A MediaTek vulnerability allowed apps on phones with certain MediaTek chips to listen without users knowing. The vulnerability could have dealt a serious blow to user privacy on phones running MediaTek chipsets, but thankfully, the issue was fixed back in October. a report by check point research Via Android Police Detailed the vulnerability, which is related to AI and audio-processing. This can allow apps with the right code to gain access to system-level audio information that apps don’t typically have access to.
This would have allowed more advanced, malicious apps to launch eavesdropping attacks, where the app could listen for sounds around the phone and send information back to an attacker from afar.
However, the report suggests that the vulnerability is complex and it is not easy to fix the flaw.
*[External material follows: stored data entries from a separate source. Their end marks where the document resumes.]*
//! An index of the names of wide objects.
ghost use Rattle.std.specs.Prelude.{◌≡◌, ◌+◌, ◌<◌, List, map, length, drop, IfOk, OnOk};
ghost use Rattle.json.specs.Json.{Members as SpecMembers};
ghost use Rattle.json.specs.Token.{Token};
ghost use Rattle.json.specs.Tape.{node_token, Linked};
ghost use Rattle.garde_places.specs.Steps.{SpellMembers, member_spot};
ghost use Rattle.garde_places.specs.Index.{AreNames, IndexHolds, Knows};

use crate::walk::{after, member_at};
use json::Node;
use std::alloc::{AllocError, Global};
use std::collections::BTreeMap;

// An object of more tokens than these is wide.
const WIDE: usize = 256;

// So many look-ups in wide objects walk along them, since an index of a wide one costs more than that.
const FEW: usize = 4;

/// The names of the wide objects that were looked into, each with the value of its last member. They
/// stand by the node of the first name of their object.
#[derive(Debug, Drop)]
pub(crate) struct Index<'a> {
    alloc: Global,
    /// How many look-ups walked along a wide object, up to `FEW`.
    walks: usize,
    wide: BTreeMap<usize, BTreeMap<&'a str, usize>>,
}

/// The names of the members that begin at a node.
fn names_from<'a>(
    alloc: Global,
    nodes: &[Node<'a>],
    at: usize,
) -> Result<BTreeMap<&'a str, usize>, AllocError>
    requires { Linked (map node_token nodes.now) 0 nodes.now }
    ensures { IfOk result (λ names. AreNames (map node_token nodes.now) at names) }
{
    let mut names = BTreeMap::new(alloc);
    let mut here = at;
    loop {
        if here >= nodes.len().saturating_sub(1) {
            return Ok(names);
        }
        let Node::Key(key) = nodes[here] else {
            return Ok(names);
        };
        names.insert(key, here + 1)?;
        here = after(nodes, here + 1);
    }
}

// Whether an index of the object at a node pays. It changes no answer.
fn is_wide(nodes: &[Node<'_>], object: usize) -> bool
    requires { object < length nodes.now }
{
    match nodes[object] {
        Node::Object(end) => end.saturating_sub(object) > WIDE,
        _ => false,
    }
}

impl<'a> Index<'a> {
    pub(crate) fn new(alloc: Global) -> Index<'a>
        ensures { (ts : List Token) → IndexHolds ts result }
    {
        Index {
            alloc,
            walks: 0,
            wide: BTreeMap::new(alloc),
        }
    }

    /// Lists the names of the members that begin at a node, once.
    fn learn(&mut self, nodes: &[Node<'a>], at: usize) -> Result<(), AllocError>
        requires links { Linked (map node_token nodes.now) 0 nodes.now }
        requires holds { IndexHolds (map node_token nodes.now) self.old }
        ensures ok { OnOk result (Knows self.new at) }
        ensures holds { IndexHolds (map node_token nodes.now) self.new }
    {
        if self.wide.contains_key(&at) {
            return Ok(());
        }
        let names = names_from(self.alloc, nodes, at)?;
        self.wide.insert(at, names)?;
        Ok(())
    }

    /// The value that the index has for a name, among the members that begin at a node.
    fn look_up(&self, nodes: &[Node<'a>], at: usize, name: &str) -> Option<usize>
        requires known { Knows self.now at }
        requires holds { IndexHolds (map node_token nodes.now) self.now }
        ensures { (ms : SpecMembers) → SpellMembers (drop at (map node_token nodes.now)) ms
            → result ≡ member_spot at name.now ms }
    {
        match self.wide.get(&at) {
            Some(names) => names.get(name).copied(),
            None => unreachable!(),
        }
    }

    /// The value of the last member of that name, of the object at a node.
    pub(crate) fn member(&mut self, nodes: &[Node<'a>], object: usize, name: &str) -> Option<usize>
        requires within { object < length nodes.now }
        requires links { Linked (map node_token nodes.now) 0 nodes.now }
        requires holds { IndexHolds (map node_token nodes.now) self.old }
        ensures value { (ms : SpecMembers) → SpellMembers (drop (object + 1) (map node_token nodes.now)) ms
            → result ≡ member_spot (object + 1) name.now ms }
        ensures holds { IndexHolds (map node_token nodes.now) self.new }
    {
        if !is_wide(nodes, object) {
            return member_at(nodes, object + 1, name);
        }
        if self.walks < FEW {
            self.walks += 1;
            return member_at(nodes, object + 1, name);
        }
        match self.learn(nodes, object + 1) {
            Ok(()) => self.look_up(nodes, object + 1, name),
            Err(_) => member_at(nodes, object + 1, name),
        }
    }
}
The team at Check Point Research was able to document how the attack on the Xiaomi Redmi Note 9 5G went through a complex process that involved exploiting a series of four vulnerabilities in MediaTek firmware.
A malicious app as we mentioned above would not have been able to carry out such an attack without prior knowledge of the vulnerability. However, this will no longer be possible as the defect has been fixed.
The report does not mention which devices or chipsets were specifically affected by the vulnerability. This is something that MediaTek has not disclosed at the time of writing this story.
However, the report mentions a processor based on the so-called Tensilica APU platform, which is reportedly also found on some HiSilicon Kirin chipsets. Whether these chipsets were also affected by a similar vulnerability is unknown.